A l’entrée de nos villes, les bouchons se mettent de nouveau en place tous les matins ; des enfants s’ébattent dans les cours de récréation de nos écoles et les terrasses des cafés se remplissent de clients rieurs. Les touristes sont de retour dans notre belle région à la grande satisfaction du commerce qui craignait de finir exsangue. S’il n’y avait les masques, le gel et la distanciation, à s’y méprendre, on croirait que tout est redevenu comme avant.

Faut-il que tout redevienne comme avant ? Le « monde d’après » sera-t-il un copier-coller de celui d’avant ? N’avons-nous rien à retenir de ces mois de confinement ? Et si nous saisissions cette expérience inédite pour laisser venir quelques interrogations de fond ? Si nous en profitions pour réviser notre hiérarchie de valeurs et envisager quelques ajustements heureux de notre mode de vie.

Au sujet du temps, est-il inévitable de se laisser réenvahir par un rythme effréné avec son corollaire de stress permanent ? En ce qui concerne l’espace, ne serait-il pas heureux d’envisager notre mobilité autrement ? Quant à nos relations, allons-nous continuer à en prendre grand soin comme durant ces dernières semaines ? Et cette planète qui nous héberge, n’avons-nous pas à la respecter en optant pour des modes de consommation plus réfléchis et un style de vie plus sobre ? Quant à notre vie spirituelle, osons la déployer pour qu’elle féconde toutes les autres dimensions. Sans nul doute, de telles décisions seront favorables à une croissance … mais globale celle-là ! Faisons preuve d’audace, mettons les mains à la pâte pour bâtir demain autrement.
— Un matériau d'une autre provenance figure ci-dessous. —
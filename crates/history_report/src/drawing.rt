//! The drawing of a page's values.

ghost use Rattle.std.specs.Prelude.{◌≡◌, IsErrOf, OnOk};
ghost use Rattle.archive.specs.Store.{IsAskedWithin};
ghost use Rattle.history_report.specs.Html.{IsDrawing};
ghost use Rattle.history_report.specs.Paging.{IsPut, Walks};

use crate::fault::ReportFault;
use crate::figure::put_figure;
use crate::pages::{Pages, next_values};
use crate::report::{Form, Report};
use crate::span::span_of;
use crate::trend::{Columns, Edges, Seen, Watch};
use archive::Archive;
use records::Held;
use std::alloc::Global;

/// All of these are seen.
fn see_all<S: Watch>(seeing: &mut S, rows: &[Held]) {
    for row in rows {
        seeing.see(row);
    }
}

/// All live values that a report asks for are seen, in the order of time.
fn walk<A: Archive, S: Watch>(
    alloc: Global,
    archive: &mut A,
    report: &Report,
    pages: &mut Pages,
    seeing: &mut S,
) -> Result<(), ReportFault>
    ensures walks { Walks (A.state archive.old) (A.state archive.new) result }
    ensures asked { IsAskedWithin 8 (A.asked archive.old) (A.asked archive.new) }
    ensures own { IsErrOf result ReportFault.Write → ⊥ }
    ensures same { pages.new.within ≡ pages.old.within }
{
    pages.span = span_of(report);
    for _ in 0..u64::MAX {
        let page = match next_values(alloc, archive, report, pages) {
            Ok(page) => page,
            Err(fault) => return Err(ReportFault::Store(fault)),
        };
        let rows = page.as_slice();
        if rows.is_empty() {
            return Ok(());
        }
        see_all(seeing, rows);
    }
    Err(ReportFault::OutOfMemory)
}

/// The edges of the numbers that a report asks for, if there is one.
fn edges_of<A: Archive>(
    alloc: Global,
    archive: &mut A,
    report: &Report,
    pages: &mut Pages,
) -> Result<Option<Edges>, ReportFault>
    ensures walks { Walks (A.state archive.old) (A.state archive.new) result }
    ensures asked { IsAskedWithin 8 (A.asked archive.old) (A.asked archive.new) }
    ensures own { IsErrOf result ReportFault.Write → ⊥ }
    ensures same { pages.new.within ≡ pages.old.within }
{
    let mut seen = Seen { edges: None };
    match walk(alloc, archive, report, pages, &mut seen) {
        Ok(()) => Ok(seen.edges),
        Err(fault) => Err(fault),
    }
}

/// The numbers that a report asks for, in columns between these edges.
fn columns_between<A: Archive>(
    alloc: Global,
    archive: &mut A,
    report: &Report,
    pages: &mut Pages,
    edges: Edges,
) -> Result<Columns, ReportFault>
    ensures walks { Walks (A.state archive.old) (A.state archive.new) result }
    ensures asked { IsAskedWithin 8 (A.asked archive.old) (A.asked archive.new) }
    ensures own { IsErrOf result ReportFault.Write → ⊥ }
    ensures same { pages.new.within ≡ pages.old.within }
{
    let mut columns = match Columns::new(alloc, edges) {
        Ok(columns) => columns,
        Err(_) => return Err(ReportFault::OutOfMemory),
    };
    match walk(alloc, archive, report, pages, &mut columns) {
        Ok(()) => Ok(columns),
        Err(fault) => Err(fault),
    }
}

/// Appends the drawing of the numbers that a report asks for; nothing where there is none, and where
/// modifications are asked for.
fn put_numbers<A: Archive>(
    alloc: Global,
    archive: &mut A,
    report: &Report,
    pages: &mut Pages,
    out: &mut Vec<u8>,
) -> Result<(), ReportFault>
    ensures walks { Walks (A.state archive.old) (A.state archive.new) result }
    ensures asked { IsAskedWithin 8 (A.asked archive.old) (A.asked archive.new) }
    ensures own { IsErrOf result ReportFault.Write → ⊥ }
    ensures same { pages.new.within ≡ pages.old.within }
    ensures drawn { OnOk result (IsPut out.old.items out.new.items (IsDrawing report.now)) }
{
    if report.changes {
        return Ok(());
    }
    let found = match edges_of(alloc, archive, report, pages) {
        Ok(found) => found,
        Err(fault) => return Err(fault),
    };
    let Some(edges) = found else {
        return Ok(());
    };
    let columns = match columns_between(alloc, archive, report, pages, edges) {
        Ok(columns) => columns,
        Err(fault) => return Err(fault),
    };
    match put_figure(alloc, &columns, out) {
        Ok(()) => Ok(()),
        Err(_) => Err(ReportFault::OutOfMemory),
    }
}

/// Appends the drawing of a page of live values; nothing where no number is among them, and where the
/// report is no such page.
pub(crate) fn put_drawing<A: Archive>(
    alloc: Global,
    archive: &mut A,
    report: &Report,
    pages: &mut Pages,
    out: &mut Vec<u8>,
) -> Result<(), ReportFault>
    ensures walks { Walks (A.state archive.old) (A.state archive.new) result }
    ensures asked { IsAskedWithin 8 (A.asked archive.old) (A.asked archive.new) }
    ensures own { IsErrOf result ReportFault.Write → ⊥ }
    ensures same { pages.new.within ≡ pages.old.within }
    ensures drawn { OnOk result (IsPut out.old.items out.new.items (IsDrawing report.now)) }
{
    match report.form {
        Form::Page => put_numbers(alloc, archive, report, pages, out),
        Form::Table | Form::Csv => Ok(()),
    }
}
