//! What a page draws of its values: where they begin and end, and a thousand columns of them.

use crate::number::{Number, number_of};
use records::{Held, Moment};
use std::alloc::{AllocError, Global};
use std::num::saturating_f64_to_u16;

/// How many columns a drawing has.
const COLUMNS: u16 = 1000;

/// How high a drawing is.
pub(crate) const HEIGHT: u16 = 1000;

/// What looks at live values, one after the other.
pub(crate) trait Watch {
    /// It sees the next one.
    fn see(&mut self, held: &Held);
}

/// The edges of what is drawn: the first and the last time, the lowest and the highest number.
#[derive(Clone, Copy)]
pub(crate) struct Edges {
    pub(crate) first: Moment,
    pub(crate) last: Moment,
    pub(crate) low: Number,
    pub(crate) high: Number,
}

impl Edges {
    /// The edges of one number.
    fn of(time: Moment, number: Number) -> Edges {
        Edges {
            first: time,
            last: time,
            low: number,
            high: number,
        }
    }

    /// The edges of these numbers and a later one.
    fn with(self, time: Moment, number: Number) -> Edges {
        Edges {
            first: self.first,
            last: time,
            low: if number.near < self.low.near {
                number
            } else {
                self.low
            },
            high: if number.near > self.high.near {
                number
            } else {
                self.high
            },
        }
    }

    /// Whether a time is between the first and the last.
    fn include(self, time: Moment) -> bool {
        self.first <= time && time <= self.last
    }

    /// The column of a time.
    fn column(self, time: Moment) -> u16 {
        if time.ticks <= self.first.ticks {
            return 0;
        }
        let whole = u128::from(self.last.ticks.abs_diff(self.first.ticks));
        let part = u128::from(time.ticks.abs_diff(self.first.ticks));
        if part >= whole {
            return COLUMNS - 1;
        }
        (part * u128::from(COLUMNS - 1) / whole) as u16
    }

    /// How far below the upper edge a number is. The halves keep the difference finite.
    fn depth(self, number: Number) -> u16 {
        let (low, high) = (self.low.near * 0.5, self.high.near * 0.5);
        if low < high {
            let part = (high - number.near * 0.5) / (high - low);
            saturating_f64_to_u16(part * f64::from(HEIGHT) + 0.5).min(HEIGHT)
        } else {
            HEIGHT / 2
        }
    }
}

/// The edges of the numbers that were seen, if there was one.
#[derive(Drop)]
pub(crate) struct Seen {
    pub(crate) edges: Option<Edges>,
}

impl Watch for Seen {
    fn see(&mut self, held: &Held) {
        let Some(number) = number_of(held) else {
            return;
        };
        self.edges = match self.edges {
            Some(edges) => Some(edges.with(held.time, number)),
            None => Some(Edges::of(held.time, number)),
        };
    }
}

/// What a column has of the values of its times.
#[derive(Clone, Copy)]
pub(crate) struct Column {
    /// One of its values was corrected: another record stands at its time.
    pub(crate) corrected: bool,
    /// It has a number.
    pub(crate) drawn: bool,
    /// A gap is before its first number.
    pub(crate) opens: bool,
    /// A gap is behind its last number.
    pub(crate) closes: bool,
    /// The depths of its first, lowest, highest and last number.
    pub(crate) first: u16,
    pub(crate) low: u16,
    pub(crate) high: u16,
    pub(crate) last: u16,
}

impl Column {
    /// It has nothing.
    const EMPTY: Column = Column {
        corrected: false,
        drawn: false,
        opens: false,
        closes: false,
        first: 0,
        low: 0,
        high: 0,
        last: 0,
    };

    /// A value comes, and whether it was corrected.
    fn with_mark(self, corrected: bool) -> Column {
        Column {
            corrected: self.corrected || corrected,
            ..self
        }
    }

    /// A gap comes.
    fn with_gap(self) -> Column {
        Column {
            opens: self.opens || !self.drawn,
            closes: true,
            ..self
        }
    }

    /// A number comes, so deep.
    fn with(self, depth: u16) -> Column {
        if !self.drawn {
            return Column {
                corrected: self.corrected,
                drawn: true,
                opens: self.opens,
                closes: false,
                first: depth,
                low: depth,
                high: depth,
                last: depth,
            };
        }
        Column {
            closes: false,
            low: self.low.max(depth),
            high: self.high.min(depth),
            last: depth,
            ..self
        }
    }
}

/// What is seen, in columns between edges.
#[derive(Drop)]
pub(crate) struct Columns {
    pub(crate) edges: Edges,
    pub(crate) columns: Vec<Column>,
}

impl Columns {
    /// Empty ones.
    pub(crate) fn new(alloc: Global, edges: Edges) -> Result<Columns, AllocError> {
        let mut columns = Vec::new(alloc);
        for _ in 0..COLUMNS {
            columns.push(Column::EMPTY)?;
        }
        Ok(Columns { edges, columns })
    }
}

impl Watch for Columns {
    fn see(&mut self, held: &Held) {
        let place = usize::from(self.edges.column(held.time));
        if place < self.columns.len() {
            let column = self.columns[place].with_mark(held.extra && self.edges.include(held.time));
            self.columns[place] = match number_of(held) {
                Some(number) => column.with(self.edges.depth(number)),
                None => column.with_gap(),
            };
        }
    }
}
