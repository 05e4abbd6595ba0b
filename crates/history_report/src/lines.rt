//! Lines of a report, in each of its forms.

ghost use Rattle.std.specs.Prelude.{◌≡◌, ◌++◌, ◌∷◌, [], ℕ, List, IfOk, IfErr, OnOk, OnErr, if◌then◌else◌};
ghost use Rattle.csv.specs.Writing.{default_writer, row_text};
ghost use Rattle.history_csv.specs.Rows.{value_names, change_names, AreReadFields, AreChangeFields, IsTextless, ShowsTextless};
ghost use Rattle.history_report.specs.Tables.{table_line};
ghost use Rattle.history_report.specs.Html.{page_row, IsDrawing};
ghost use Rattle.history_report.specs.Reports.{IsHeader, IsValueLine, IsChangeLine, footer_of};
ghost use Rattle.history_report.specs.Paging.{IsPut, IsWhy};

use crate::html::{change_row, page_footer, put_page_header, value_row};
use crate::report::{Form, Report};
use crate::table::{Made, Shown, change_line, table_header, value_line};
use history_csv::{
    ChangeTexts, RowTexts, change_texts, put_change_header, put_change_row, put_value_header,
    put_value_row, row_texts,
};
use history_text::TextFault;
use records::{Entry, Held};
use std::alloc::{AllocError, Global};

/// Appends the header as a row of CSV.
fn put_csv_header(alloc: Global, changes: bool, out: &mut Vec<u8>) -> Result<(), TextFault>
    ensures { OnOk result (out.new.items ≡ out.old.items
        ++ row_text default_writer (if changes then change_names else value_names)) }
{
    if changes {
        put_change_header(alloc, out)
    } else {
        put_value_header(alloc, out)
    }
}

/// Appends the header as a line of the table.
fn put_table_header(alloc: Global, changes: bool, out: &mut Vec<u8>) -> Result<(), TextFault>
    ensures { OnOk result (out.new.items ≡ out.old.items
        ++ table_line (if changes then change_names else value_names)) }
{
    let line = table_header(alloc, changes)?;
    out.extend_from_slice(line.as_slice())?;
    Ok(())
}

/// Appends the header, a page's with this drawing.
pub(crate) fn put_header(
    alloc: Global,
    report: &Report,
    drawing: &[u8],
    out: &mut Vec<u8>,
) -> Result<(), TextFault>
    requires { IsDrawing report.now drawing.now }
    ensures { OnOk result (IsPut out.old.items out.new.items (IsHeader report.now)) }
{
    match report.form {
        Form::Table => put_table_header(alloc, report.changes, out),
        Form::Csv => put_csv_header(alloc, report.changes, out),
        Form::Page => put_page_header(alloc, report, drawing, out),
    }
}

/// The footer.
pub(crate) fn footer(report: &Report) -> &'static [u8]
    ensures { result.now ≡ footer_of report.now }
{
    match report.form {
        Form::Table | Form::Csv => b"",
        Form::Page => page_footer(),
    }
}

/// The line of a live value's texts.
fn line_of_row(alloc: Global, row: &RowTexts) -> Result<Vec<u8>, AllocError>
    ensures { IfOk result (λ line. line.items ≡ table_line (row.now.node.items
        ∷ row.now.time.items ∷ row.now.shown.value.items ∷ row.now.shown.status.items ∷ [])) }
{
    let shown = Shown {
        time: row.time.as_slice(),
        value: row.shown.value.as_slice(),
        status: row.shown.status.as_slice(),
    };
    value_line(alloc, &shown)
}

/// Appends a live value as a line of the table.
fn put_value_shown(
    alloc: Global,
    report: &Report,
    held: &Held,
    out: &mut Vec<u8>,
) -> Result<(), TextFault>
    ensures written { OnOk result (IsPut out.old.items out.new.items
        (λ line. (fields : List (List ℕ)) × (line ≡ table_line fields)
        × AreReadFields report.now.node held.now fields)) }
    ensures refused { IfErr result (IsWhy (IsTextless held.now.value.value)) }
    ensures kept { OnErr result (out.new.items ≡ out.old.items) }
{
    let row = row_texts(alloc, &report.node, held)?;
    let line = line_of_row(alloc, &row)?;
    out.extend_from_slice(line.as_slice())?;
    Ok(())
}

/// The row of a live value's texts.
fn row_of_value(alloc: Global, row: &RowTexts) -> Result<Vec<u8>, AllocError>
    ensures { IfOk result (λ line. line.items ≡ page_row (row.now.node.items
        ∷ row.now.time.items ∷ row.now.shown.value.items ∷ row.now.shown.status.items ∷ [])) }
{
    let shown = Shown {
        time: row.time.as_slice(),
        value: row.shown.value.as_slice(),
        status: row.shown.status.as_slice(),
    };
    value_row(alloc, &shown)
}

/// Appends a live value as a row of a page.
fn put_value_page(
    alloc: Global,
    report: &Report,
    held: &Held,
    out: &mut Vec<u8>,
) -> Result<(), TextFault>
    ensures written { OnOk result (IsPut out.old.items out.new.items
        (λ line. (fields : List (List ℕ)) × (line ≡ page_row fields)
        × AreReadFields report.now.node held.now fields)) }
    ensures refused { IfErr result (IsWhy (IsTextless held.now.value.value)) }
    ensures kept { OnErr result (out.new.items ≡ out.old.items) }
{
    let row = row_texts(alloc, &report.node, held)?;
    let line = row_of_value(alloc, &row)?;
    out.extend_from_slice(line.as_slice())?;
    Ok(())
}

/// Appends a live value as a line. `NoText` says that it has no text, and `OutOfMemory` that memory
/// ran out; then nothing is appended.
pub(crate) fn put_value_line(
    alloc: Global,
    report: &Report,
    held: &Held,
    out: &mut Vec<u8>,
) -> Result<(), TextFault>
    ensures written { OnOk result
        (IsPut out.old.items out.new.items (IsValueLine report.now held.now)) }
    ensures refused { IfErr result (IsWhy (IsTextless held.now.value.value)) }
    ensures kept { OnErr result (out.new.items ≡ out.old.items) }
{
    match report.form {
        Form::Table => put_value_shown(alloc, report, held, out),
        Form::Csv => put_value_row(alloc, out, &report.node, held),
        Form::Page => put_value_page(alloc, report, held, out),
    }
}

/// The line of a modification's texts.
fn line_of_change(alloc: Global, row: &ChangeTexts) -> Result<Vec<u8>, AllocError>
    ensures { IfOk result (λ line. line.items ≡ table_line (row.now.node.items
        ∷ row.now.time.items ∷ row.now.shown.value.items ∷ row.now.shown.status.items
        ∷ row.now.made.change.items ∷ row.now.made.changed.items ∷ row.now.made.user.items ∷ [])) }
{
    let shown = Shown {
        time: row.time.as_slice(),
        value: row.shown.value.as_slice(),
        status: row.shown.status.as_slice(),
    };
    let made = Made {
        change: row.made.change.as_slice(),
        changed: row.made.changed.as_slice(),
        user: row.made.user.as_slice(),
    };
    change_line(alloc, &shown, &made)
}

/// Appends a modification as a line of the table.
fn put_change_shown(
    alloc: Global,
    report: &Report,
    entry: &Entry,
    out: &mut Vec<u8>,
) -> Result<(), TextFault>
    ensures written { OnOk result (IsPut out.old.items out.new.items
        (λ line. (fields : List (List ℕ)) × (line ≡ table_line fields)
        × AreChangeFields report.now.node entry.now fields)) }
    ensures refused { IfErr result (IsWhy (ShowsTextless entry.now.value)) }
    ensures kept { OnErr result (out.new.items ≡ out.old.items) }
{
    let row = change_texts(alloc, &report.node, entry)?;
    let line = line_of_change(alloc, &row)?;
    out.extend_from_slice(line.as_slice())?;
    Ok(())
}

/// The row of a modification's texts.
fn row_of_change(alloc: Global, row: &ChangeTexts) -> Result<Vec<u8>, AllocError>
    ensures { IfOk result (λ line. line.items ≡ page_row (row.now.node.items
        ∷ row.now.time.items ∷ row.now.shown.value.items ∷ row.now.shown.status.items
        ∷ row.now.made.change.items ∷ row.now.made.changed.items ∷ row.now.made.user.items ∷ [])) }
{
    let shown = Shown {
        time: row.time.as_slice(),
        value: row.shown.value.as_slice(),
        status: row.shown.status.as_slice(),
    };
    let made = Made {
        change: row.made.change.as_slice(),
        changed: row.made.changed.as_slice(),
        user: row.made.user.as_slice(),
    };
    change_row(alloc, &shown, &made)
}

/// Appends a modification as a row of a page.
fn put_change_page(
    alloc: Global,
    report: &Report,
    entry: &Entry,
    out: &mut Vec<u8>,
) -> Result<(), TextFault>
    ensures written { OnOk result (IsPut out.old.items out.new.items
        (λ line. (fields : List (List ℕ)) × (line ≡ page_row fields)
        × AreChangeFields report.now.node entry.now fields)) }
    ensures refused { IfErr result (IsWhy (ShowsTextless entry.now.value)) }
    ensures kept { OnErr result (out.new.items ≡ out.old.items) }
{
    let row = change_texts(alloc, &report.node, entry)?;
    let line = row_of_change(alloc, &row)?;
    out.extend_from_slice(line.as_slice())?;
    Ok(())
}

/// Appends a modification as a line. `NoText` says that it shows a value that has no text, and
/// `OutOfMemory` that memory ran out; then nothing is appended.
pub(crate) fn put_change_line(
    alloc: Global,
    report: &Report,
    entry: &Entry,
    out: &mut Vec<u8>,
) -> Result<(), TextFault>
    ensures written { OnOk result
        (IsPut out.old.items out.new.items (IsChangeLine report.now entry.now)) }
    ensures refused { IfErr result (IsWhy (ShowsTextless entry.now.value)) }
    ensures kept { OnErr result (out.new.items ≡ out.old.items) }
{
    match report.form {
        Form::Table => put_change_shown(alloc, report, entry, out),
        Form::Csv => put_change_row(alloc, out, &report.node, entry),
        Form::Page => put_change_page(alloc, report, entry, out),
    }
}
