//! Command lines, settings files and what runs print.

ghost use Rattle.ua_server.specs.Host.{unknown_machine};

use archive::{ListArchive, StoreFault};
use server_rows::ends::{Narrow, Slow};
use server_rows::network::{Client, Clients};
use std::alloc::Global;
use std::net::SocketAddr;
use ua_client::ClientFault;
use ua_server::{
    Asked, ConstantClock, Counted, Door, HistoryWords, Host, ImportWords, Line, LineFault,
    Listening, PerformWord, ProgramFault, ServeFault, StoreTerms, SyncWords, read_line, report,
    run,
};
use ua_settings::SettingsFault;
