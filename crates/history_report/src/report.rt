//! What is to be printed.

use records::Moment;
use ua_binary::NodeId;

/// In which form a history is printed.
#[derive(Clone, Copy, Debug, PartialEq, Eq)]
pub enum Form {
    /// A table for people at a terminal: each field but the last is padded with blanks to its
    /// column's width, and two more. It has no node, and no byte that controls a terminal.
    Table,
    /// Rows of CSV for programs, as `history_csv` writes them.
    Csv,
    /// A page of HTML for people at a browser, which needs nothing beside it: its title is the
    /// node, and it has a table with a row for each value or modification. It has no script, and
    /// no text in it is read as markup.
    Page,
}

/// The stretch of a node's history that a page leads to.
#[derive(Clone, Copy, Debug)]
pub struct Next {
    /// Its first moment.
    pub from: Moment,
    /// The moment before which it ends; absent, it doesn't end.
    pub to: Option<Moment>,
}

/// What is to be printed of a node's history.
#[derive(Debug, Drop)]
pub struct Report {
    /// The node.
    pub node: NodeId,
    /// The first moment; absent, there is no first one.
    pub from: Option<Moment>,
    /// The moment before which the history ends; absent, it doesn't end.
    pub to: Option<Moment>,
    /// Modifications are printed, in place of live values.
    pub changes: bool,
    /// In which form.
    pub form: Form,
    /// The stretch that a page leads to by a link; absent, it leads to none. A table and rows of
    /// CSV don't tell it.
    pub next: Option<Next>,
}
« Les temps sont accomplis : le règne de Dieu est tout proche. Convertissez-vous et croyez à la Bonne Nouvelle ». (Marc 1)

De la hauteur, du recul… que diable !

Quelle joie de pouvoir retrouver ceux qu’on aime après ces longues semaines de confinement complet ! Nous avons tous mesuré l’importance vitale de nos relations. Elles nous sont tout aussi nécessaires que la nourriture, la boisson, le vêtement et le gîte. Heureusement, nous avons pu compter sur l’assistance précieuse des nouveaux moyens de communication. Si le téléphone permet depuis longtemps de tenir conversation, les écrans nous offrent la possibilité de nous voir au-delà de la distance. Grâce aux réseaux sociaux, de belles initiatives de solidarité en tous genres se sont mises en place.

Parmi les caractéristiques de la communication moderne, nous retiendrons qu’elle réduit et l’espace et le temps. En un instant, je peux envoyer une information dans le monde entier. Quel prodige ! Cette « immédiateté mondialisée » n’est pas sans conséquences. En effet, elle exige une réaction ultra rapide qui repose le plus souvent sur l’émotionnel voire l’exalte. Or nous le savons, si l’émotion est un puissant ressort pour l’action, elle est facilement désordonnée et excessive.

Si nous ne pouvons que saluer la mobilisation contre le racisme de ces derniers jours, il nous faut regretter les excès en tous genres auxquels nous assistons. Intelligence et sagesse sont en berne. Des quidams s’improvisent défenseurs de la moralité et redresseurs de torts au mépris d’une élémentaire réflexion historique. Journalistes et politiques, beaucoup y vont de leurs commentaires à l’emporte-pièce ou de leurs décisions précipitées.

N’est-il pas temps de revenir à la raison, de prendre du recul et un peu de hauteur ? L’enjeu est moins de déboulonner des statues que d’agir, ici et maintenant, pour bâtir ce monde où le racisme n’aura plus sa place. Il est temps, pour chacun, de balayer devant sa porte et de prendre conscience que nos comportements de consommateurs effrénés condamnent une partie considérable de la population mondiale à la misère, au travail des enfants… bref, à une vie indigne. Alors, arrêtons-nous quelques instants et réfléchissons à ce que nous pouvons changer dans nos comportements quotidiens afin de contribuer à plus d’équité.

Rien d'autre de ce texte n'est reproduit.